## [What is expected]
Pull each line with the string "place" from the entries.

========================

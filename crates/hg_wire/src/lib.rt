//! The language of bytes: the text of traces and reports.
#![tactic(auto)]

mod begun;
pub mod cuts;
pub mod diagnosis;
pub mod laws;
pub mod line;
pub mod lines;
pub mod number;
mod operands;
pub mod reader;
pub mod report;
pub mod splitter;
mod tokens;
pub mod verb;
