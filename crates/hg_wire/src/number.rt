//! Numbers of the trace text.

ghost use Rattle.std.specs.Prelude.{◌≡◌, ◌⊎◌, ◌+◌, ◌<◌, ◌≤◌, ℕ, List, IfSome, is_some, length, get_or, drop};
ghost use Rattle.std.specs.Bool.{OnTrue};
ghost use Rattle.std.specs.Char.{digit_value, is_digit};
ghost use Rattle.std.specs.List.{list_all};
ghost use Rattle.hg_wire.specs.Numbers.{number_of, numeral};
ghost use Rattle.hg_wire.specs.InFront.{HasDigits, HasNumber, IsFourDigits, NumberGoesOn};
ghost use Rattle.hg_wire.specs.Lines.{fitting, operand_of};

/// The value of each byte as a digit of base 36, in either case, and 36 for a byte that is no digit.
#[rattlefmt::skip]
static DIGIT_VALUES: [u8; 256] = [
    36, 36, 36, 36, 36, 36, 36, 36, 36, 36, 36, 36, 36, 36, 36, 36,
    36, 36, 36, 36, 36, 36, 36, 36, 36, 36, 36, 36, 36, 36, 36, 36,
    36, 36, 36, 36, 36, 36, 36, 36, 36, 36, 36, 36, 36, 36, 36, 36,
     0,  1,  2,  3,  4,  5,  6,  7,  8,  9, 36, 36, 36, 36, 36, 36,
    36, 10, 11, 12, 13, 14, 15, 16, 17, 18, 19, 20, 21, 22, 23, 24,
    25, 26, 27, 28, 29, 30, 31, 32, 33, 34, 35, 36, 36, 36, 36, 36,
    36, 10, 11, 12, 13, 14, 15, 16, 17, 18, 19, 20, 21, 22, 23, 24,
    25, 26, 27, 28, 29, 30, 31, 32, 33, 34, 35, 36, 36, 36, 36, 36,
    36, 36, 36, 36, 36, 36, 36, 36, 36, 36, 36, 36, 36, 36, 36, 36,
    36, 36, 36, 36, 36, 36, 36, 36, 36, 36, 36, 36, 36, 36, 36, 36,
    36, 36, 36, 36, 36, 36, 36, 36, 36, 36, 36, 36, 36, 36, 36, 36,
    36, 36, 36, 36, 36, 36, 36, 36, 36, 36, 36, 36, 36, 36, 36, 36,
    36, 36, 36, 36, 36, 36, 36, 36, 36, 36, 36, 36, 36, 36, 36, 36,
    36, 36, 36, 36, 36, 36, 36, 36, 36, 36, 36, 36, 36, 36, 36, 36,
    36, 36, 36, 36, 36, 36, 36, 36, 36, 36, 36, 36, 36, 36, 36, 36,
    36, 36, 36, 36, 36, 36, 36, 36, 36, 36, 36, 36, 36, 36, 36, 36,
];

#[inline(always)]
fn value_of_digit(byte: u8) -> u8
    ensures { result ≡ digit_value byte }
{
    DIGIT_VALUES[usize::from(byte)]
}

/// The value of each byte as a hexadecimal digit, in either case, and 65536 for a byte that is no digit. So the number of four
/// bytes is above 0xffff where one of them is no digit.
#[rattlefmt::skip]
static HEXADECIMAL_VALUES: [u32; 256] = [
    65536, 65536, 65536, 65536, 65536, 65536, 65536, 65536, 65536, 65536, 65536, 65536, 65536, 65536, 65536, 65536,
    65536, 65536, 65536, 65536, 65536, 65536, 65536, 65536, 65536, 65536, 65536, 65536, 65536, 65536, 65536, 65536,
    65536, 65536, 65536, 65536, 65536, 65536, 65536, 65536, 65536, 65536, 65536, 65536, 65536, 65536, 65536, 65536,
        0,     1,     2,     3,     4,     5,     6,     7,     8,     9, 65536, 65536, 65536, 65536, 65536, 65536,
    65536,    10,    11,    12,    13,    14,    15, 65536, 65536, 65536, 65536, 65536, 65536, 65536, 65536, 65536,
    65536, 65536, 65536, 65536, 65536, 65536, 65536, 65536, 65536, 65536, 65536, 65536, 65536, 65536, 65536, 65536,
    65536,    10,    11,    12,    13,    14,    15, 65536, 65536, 65536, 65536, 65536, 65536, 65536, 65536, 65536,
    65536, 65536, 65536, 65536, 65536, 65536, 65536, 65536, 65536, 65536, 65536, 65536, 65536, 65536, 65536, 65536,
    65536, 65536, 65536, 65536, 65536, 65536, 65536, 65536, 65536, 65536, 65536, 65536, 65536, 65536, 65536, 65536,
    65536, 65536, 65536, 65536, 65536, 65536, 65536, 65536, 65536, 65536, 65536, 65536, 65536, 65536, 65536, 65536,
    65536, 65536, 65536, 65536, 65536, 65536, 65536, 65536, 65536, 65536, 65536, 65536, 65536, 65536, 65536, 65536,
    65536, 65536, 65536, 65536, 65536, 65536, 65536, 65536, 65536, 65536, 65536, 65536, 65536, 65536, 65536, 65536,
    65536, 65536, 65536, 65536, 65536, 65536, 65536, 65536, 65536, 65536, 65536, 65536, 65536, 65536, 65536, 65536,
    65536, 65536, 65536, 65536, 65536, 65536, 65536, 65536, 65536, 65536, 65536, 65536, 65536, 65536, 65536, 65536,
    65536, 65536, 65536, 65536, 65536, 65536, 65536, 65536, 65536, 65536, 65536, 65536, 65536, 65536, 65536, 65536,
    65536, 65536, 65536, 65536, 65536, 65536, 65536, 65536, 65536, 65536, 65536, 65536, 65536, 65536, 65536, 65536,
];

#[inline(always)]
fn value_of_hexadecimal_digit(byte: u8) -> u32
    ensures digit { result ≤ 15 → digit_value byte ≡ result }
    ensures none { (result ≤ 15) ⊎ (result ≡ 65536) }
{
    HEXADECIMAL_VALUES[usize::from(byte)]
}

/// The value of a decimal digit, and more than 9 for any other byte.
#[inline(always)]
fn value_of_decimal_digit(byte: u8) -> u8
    ensures { result ≤ 9 → digit_value byte ≡ result }
{
    byte.wrapping_sub(b'0')
}

/// The number of up to 19 decimal digits at a place, and where they end. More digits may follow.
#[inline(always)]
fn decimal_at(bytes: &[u8], from: usize) -> Option<(u64, usize)>
    requires { from + 19 ≤ length bytes.now }
    ensures digits { IfSome result (λ found. HasDigits 10 19 bytes.now from found.1 found.0) }
    ensures near { IfSome result (λ found. found.1 ≤ from + 19) }
{
    let mut value = 0u64;
    let mut at = from;
    while at < from + 19 {
        let digit = value_of_decimal_digit(bytes[at]);
        if digit > 9 {
            break;
        }
        value = value.wrapping_mul(10).wrapping_add(u64::from(digit));
        at += 1;
    }
    if at == from {
        return None;
    }
    Some((value, at))
}

/// The number with the decimal digit at `at` appended, if there is one.
#[inline(always)]
fn with_decimal_digit_at(bytes: &[u8], at: usize, number: u64) -> Option<u64>
    requires { at < length bytes.now }
    ensures { IfSome result (λ more. NumberGoesOn 10 19 bytes.now at number (at + 1) more) }
{
    let digit = value_of_decimal_digit(bytes[at]);
    if digit > 9 {
        return None;
    }
    Some(number.wrapping_mul(10).wrapping_add(u64::from(digit)))
}

/// The number with up to four decimal digits from `at` on appended, and where they end.
#[inline(always)]
fn with_decimal_digits_at(bytes: &[u8], at: usize, number: u64) -> (u64, usize)
    requires { at + 4 ≤ length bytes.now }
    ensures within { (at ≤ result.1) × (result.1 ≤ at + 4) }
    ensures digits { NumberGoesOn 10 19 bytes.now at number result.1 result.0 }
{
    let Some(one) = with_decimal_digit_at(bytes, at, number) else {
        return (number, at);
    };
    let Some(two) = with_decimal_digit_at(bytes, at + 1, one) else {
        return (one, at + 1);
    };
    let Some(three) = with_decimal_digit_at(bytes, at + 2, two) else {
        return (two, at + 2);
    };
    let Some(four) = with_decimal_digit_at(bytes, at + 3, three) else {
        return (three, at + 3);
    };
    (four, at + 4)
}

/// The number of up to five decimal digits at a place, and where they end. More digits may follow.
#[inline(always)]
#[tactic(auto, using(crate::proofs::RunLemmas::run_starts))]
fn few_decimal_digits_at(bytes: &[u8], from: usize) -> Option<(u64, usize)>
    requires { from + 5 ≤ length bytes.now }
    ensures digits { IfSome result (λ found. HasDigits 10 19 bytes.now from found.1 found.0) }
    ensures near { IfSome result (λ found. found.1 ≤ from + 5) }
{
    let one = with_decimal_digit_at(bytes, from, 0)?;
    Some(with_decimal_digits_at(bytes, from + 1, one))
}

/// The number that four bytes write, if they are hexadecimal digits.
#[inline(always)]
fn number_of_four(a: u8, b: u8, c: u8, d: u8) -> Option<u64>
    ensures { IfSome result (IsFourDigits a b c d) }
{
    let a = value_of_hexadecimal_digit(a);
    let b = value_of_hexadecimal_digit(b);
    let c = value_of_hexadecimal_digit(c);
    let d = value_of_hexadecimal_digit(d);
    let value = ((a * 16 + b) * 16 + c) * 16 + d;
    if value > 0xffff {
        return None;
    }
    Some(u64::from(value))
}

/// The number with the four hexadecimal digits at `at` appended, if there are four.
#[inline(always)]
fn with_four_digits_at(bytes: &[u8], at: usize, number: u64) -> Option<u64>
    requires { at + 4 ≤ length bytes.now }
    ensures { IfSome result (λ more. NumberGoesOn 16 16 bytes.now at number (at + 4) more) }
{
    // Where a number ends there is no need to look at four bytes.
    if bytes[at] == b' ' {
        return None;
    }
    let four = number_of_four(bytes[at], bytes[at + 1], bytes[at + 2], bytes[at + 3])?;
    Some(number.wrapping_mul(65_536).wrapping_add(four))
}

/// The number with the hexadecimal digit at `at` appended, if there is one.
#[inline(always)]
fn with_digit_at(bytes: &[u8], at: usize, number: u64) -> Option<u64>
    requires { at < length bytes.now }
    ensures { IfSome result (λ more. NumberGoesOn 16 16 bytes.now at number (at + 1) more) }
{
    let digit = value_of_hexadecimal_digit(bytes[at]);
    if digit > 15 {
        return None;
    }
    Some(number.wrapping_mul(16).wrapping_add(u64::from(digit)))
}

/// The number with up to three hexadecimal digits from `at` on appended, and where they end.
#[inline(always)]
fn with_digits_at(bytes: &[u8], at: usize, number: u64) -> (u64, usize)
    requires { at + 3 ≤ length bytes.now }
    ensures within { (at ≤ result.1) × (result.1 ≤ at + 3) }
    ensures digits { NumberGoesOn 16 16 bytes.now at number result.1 result.0 }
{
    let Some(one) = with_digit_at(bytes, at, number) else {
        return (number, at);
    };
    let Some(two) = with_digit_at(bytes, at + 1, one) else {
        return (one, at + 1);
    };
    let Some(three) = with_digit_at(bytes, at + 2, two) else {
        return (two, at + 2);
    };
    (three, at + 3)
}

/// The number of up to four hexadecimal digits at a place, and where they end. More digits may follow.
#[inline(always)]
#[tactic(auto, using(crate::proofs::RunLemmas::run_starts))]
fn few_digits_at(bytes: &[u8], from: usize) -> Option<(u64, usize)>
    requires { from + 4 ≤ length bytes.now }
    ensures digits { IfSome result (λ found. HasDigits 16 16 bytes.now from found.1 found.0) }
    ensures near { IfSome result (λ found. found.1 ≤ from + 4) }
{
    let one = with_digit_at(bytes, from, 0)?;
    Some(with_digits_at(bytes, from + 1, one))
}

/// The number with up to twelve hexadecimal digits at `at` appended, read by fours, and where they end.
#[inline(always)]
fn with_fours_at(bytes: &[u8], at: usize, number: u64) -> (u64, usize)
    requires { at + 12 ≤ length bytes.now }
    ensures within { (at ≤ result.1) × (result.1 ≤ at + 12) }
    ensures digits { NumberGoesOn 16 16 bytes.now at number result.1 result.0 }
{
    let Some(four) = with_four_digits_at(bytes, at, number) else {
        return with_digits_at(bytes, at, number);
    };
    let Some(eight) = with_four_digits_at(bytes, at + 4, four) else {
        return with_digits_at(bytes, at + 4, four);
    };
    let Some(twelve) = with_four_digits_at(bytes, at + 8, eight) else {
        return with_digits_at(bytes, at + 8, eight);
    };
    (twelve, at + 12)
}

/// The number of up to 16 hexadecimal digits at a place, and where they end. More digits may follow.
#[inline(always)]
#[tactic(auto, using(crate::proofs::RunLemmas::run_starts))]
fn digits_at(bytes: &[u8], from: usize) -> Option<(u64, usize)>
    requires { from + 16 ≤ length bytes.now }
    ensures digits { IfSome result (λ found. HasDigits 16 16 bytes.now from found.1 found.0) }
    ensures near { IfSome result (λ found. found.1 ≤ from + 16) }
{
    let Some(four) = with_four_digits_at(bytes, from, 0) else {
        return few_digits_at(bytes, from);
    };
    Some(with_fours_at(bytes, from + 4, four))
}

/// Whether `0x` stands at a place.
#[inline(always)]
fn has_prefix_at(bytes: &[u8], from: usize) -> bool
    requires { from + 2 ≤ length bytes.now }
    ensures { OnTrue result ((get_or bytes.now from 0 ≡ 48) × (get_or bytes.now (from + 1) 0 ≡ 120)) }
{
    if bytes[from] != b'0' {
        return false;
    }
    bytes[from + 1] == b'x'
}

/// The number at a place and where it ends. (A decimal number of 20 digits is not looked for. More digits may follow.)
#[inline(always)]
pub(crate) fn number_at(bytes: &[u8], from: usize) -> Option<(u64, usize)>
    requires { from + 19 ≤ length bytes.now }
    ensures number { IfSome result (λ found. HasNumber (drop from bytes.now) found.0 (drop found.1 bytes.now)) }
    ensures near { IfSome result (λ found. found.1 ≤ from + 19) }
{
    if has_prefix_at(bytes, from) {
        return digits_at(bytes, from + 2);
    }
    decimal_at(bytes, from)
}

/// The number at a place, of at most five decimal or four hexadecimal digits, and where it ends.
#[inline(always)]
pub(crate) fn short_number_at(bytes: &[u8], from: usize) -> Option<(u64, usize)>
    requires { from + 6 ≤ length bytes.now }
    ensures number { IfSome result (λ found. HasNumber (drop from bytes.now) found.0 (drop found.1 bytes.now)) }
    ensures near { IfSome result (λ found. found.1 ≤ from + 6) }
{
    if has_prefix_at(bytes, from) {
        return few_digits_at(bytes, from + 2);
    }
    few_decimal_digits_at(bytes, from)
}

/// The number that a numeral of at most `most` digits spells, if it fits 64 bits.
fn number_of_numeral(base: u8, most: usize, digits: &[u8]) -> Option<u64>
    requires digits { base ≤ 16 }
    requires few { most ≤ 20 }
    ensures { result ≡ fitting 64 (numeral base most digits.now) }
{
    if digits.is_empty() || digits.len() > most {
        return None;
    }
    let mut value = 0u128;
    for byte in digits {
        let digit = value_of_digit(*byte);
        if digit >= base {
            return None;
        }
        value = value * u128::from(base) + u128::from(digit);
    }
    u64::try_from(value).ok()
}

/// The number that a token spells, if it fits 64 bits.
pub fn number_of_token(token: &[u8]) -> Option<u64>
    ensures { result ≡ operand_of 64 token.now }
{
    match token {
        [b'0', b'x', digits @ ..] => number_of_numeral(16, 16, digits),
        _ => number_of_numeral(10, 20, token),
    }
}

/// Whether each byte is a digit of the base.
fn are_digits(base: u8, bytes: &[u8]) -> bool
    ensures { result ≡ list_all (λ c. is_digit c base) bytes.now }
{
    bytes.iter().all(|byte| value_of_digit(*byte) < base)
}

/// Whether the digits are a numeral of at most `most` digits.
fn is_numeral(base: u8, most: usize, digits: &[u8]) -> bool
    ensures { result ≡ is_some (numeral base most digits.now) }
{
    if digits.len() > most || digits.is_empty() {
        return false;
    }
    are_digits(base, digits)
}

/// Whether a token spells a number, even one too great for 64 bits.
pub fn is_number(token: &[u8]) -> bool
    ensures { result ≡ is_some (number_of token.now) }
{
    match token {
        [b'0', b'x', digits @ ..] => is_numeral(16, 16, digits),
        _ => is_numeral(10, 20, token),
    }
}
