//! The stored bytes of a line that has not ended.

ghost use Rattle.std.specs.Prelude.{◌≡◌, ◌++◌, [], take, IfOk, IsTrue, ◌↔◌};
ghost use Rattle.std.specs.Str.Lines.{strip_carriage_return};

use crate::line::MOST_LINE_BYTES;
use std::alloc::{AllocError, Global};
use std::marker::Model;

/// The most bytes of a line that are stored: those of an event, and one more for a carriage return or a byte too many.
const MOST_STORED_BYTES: usize = MOST_LINE_BYTES + 1;

/// The bytes of a line, up to 257 of them, in memory that was reserved for them.
#[derive(Drop)]
pub struct BegunLine {
    bytes: Vec<u8>,
    /// More bytes came than fit.
    is_cut: bool,
}

impl Model for BegunLine {
    ghost use Rattle.std.specs.Prelude.{◌≡◌, ◌≤◌, ◌++◌, List, [], ◌∷◌, ℕ, true, vec_len, vec_capacity, if◌then◌else◌};

    ghost Value = { List ℕ };

    ghost view = { λ s. s.bytes.items ++ (if s.is_cut then 0 ∷ [] else []) };

    ghost invariant = { λ s. (vec_len s.bytes ≤ 257) × (257 ≤ vec_capacity s.bytes) × (s.is_cut ≡ true → vec_len s.bytes ≡ 257) };
}

impl BegunLine {
    ghost use Rattle.hg_wire.specs.Streams.{stored};

    pub fn new(alloc: Global) -> Result<Self, AllocError>
        ensures { IfOk result (λ line. line ≡ []) }
    {
        Ok(BegunLine {
            bytes: Vec::with_capacity(alloc, MOST_STORED_BYTES)?,
            is_cut: false,
        })
    }

    pub fn clear(&mut self)
        ensures { self.new ≡ [] }
    {
        self.bytes.clear();
        self.is_cut = false;
    }

    pub fn is_empty(&self) -> bool
        ensures { IsTrue result ↔ (self.now ≡ []) }
    {
        self.bytes.is_empty()
    }

    /// Adds bytes, and takes no memory.
    pub fn push(&mut self, bytes: &[u8])
        ensures { self.new ≡ stored (self.old ++ bytes.now) }
    {
        let room = MOST_STORED_BYTES - self.bytes.len();
        if bytes.len() <= room {
            self.bytes.extend_from_slice(bytes).unwrap();
        } else {
            self.bytes.extend_from_slice(&bytes[..room]).unwrap();
            self.is_cut = true;
        }
    }

    /// The line as it is shown: its first 257 bytes, without the carriage return at its end.
    pub fn shown(&self) -> &[u8]
        ensures { result.now ≡ take 257 (strip_carriage_return self.now) }
    {
        let line = self.bytes.as_slice();
        if self.is_cut {
            line
        } else {
            without_return(line)
        }
    }
}

/// The line without the one carriage return that may stand at its end.
fn without_return(line: &[u8]) -> &[u8]
    ensures { result.now ≡ strip_carriage_return line.now }
{
    match line {
        [front @ .., b'\r'] => front,
        _ => line,
    }
}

========================

## [Result below]
/// The number of up to 19 decimal digits at a place, and where they end. More digits may follow.
/// The number of up to five decimal digits at a place, and where they end. More digits may follow.
/// The number of up to four hexadecimal digits at a place, and where they end. More digits may follow.
/// The number of up to 16 hexadecimal digits at a place, and where they end. More digits may follow.
/// Whether `0x` stands at a place.
/// The number at a place and where it ends. (A decimal number of 20 digits is not looked for. More digits may follow.)
/// The number at a place, of at most five decimal or four hexadecimal digits, and where it ends.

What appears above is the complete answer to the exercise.